If You Want Powerful Legs
You can target every muscle from the hips down, no machines needed. “This works the glutes, quads, hamstrings, and calves — all while keeping the body’s metabolism firing,” says Jameson. Perform three consecutive rounds with 30 seconds rest between each move, and no rest between rounds.
Dumbbell Walking Lunges: Stand with feet together, arms by sides, holding a heavy dumbbell in each hand. Lunge forward with the right foot, bending knees to 90 degrees. Switch legs and repeat, alternating sides for eight reps on each side.
Dumbbell Front Squats: Stand with feet shoulder-width apart, holding a dumbbell in each hand, dumbbells resting on shoulders, and your bent elbows up in front of you. Drive the hips back to squat as low as possible while keeping your chest up and back flat. Press through heels to stand. Do 12 reps.
Weighted Bridges: Lie faceup on floor with knees bent, feet flat on floor, holding a dumbbell on top of each hip. Press through heels to drive hips as high as possible, hold one beat, then lower slowly back to start. Repeat for 15 reps.
Front-Loaded Side Lunges: Stand with feet shoulder-width apart, holding a dumbbell in each hand, elbows bent in front of you, dumbbells resting on shoulders.
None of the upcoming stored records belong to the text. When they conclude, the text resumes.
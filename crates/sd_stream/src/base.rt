//! What a stream continues.

/// The checkpoint that a receiver has to show, so that the stream's images continue it.
#[derive(Clone, Copy, Debug, PartialEq, Eq)]
pub struct Base {
    /// Its number, from 1 on.
    pub number: u64,
    /// The SHA-256 of its memory.
    pub digest: [u8; 32],
}
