/// What sees each device call of a worker before it is made.
pub trait Hold {
    /// Called before each device call, counted from 1 within one call of `run_dumper`, `run_relay`, `run_merger`,
    /// `run_opener`, or of those that go on with a job, in the order in which the calls were taken up. No lock is held.
    fn before(&self, call: u64);
}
Lunge to the left side with the left leg, pushing your hips behind you and keeping right leg straight, chest up. Return to start. Switch sides and repeat for 10 reps on each side.
Prone Hamstring Curls: Start in modified plank position with your arms straight, hands under shoulders, back flat, and knees resting on the floor. Hold a dumbbell between your feet and curl it toward your glutes. Slowly return to the start position. Do 12 reps.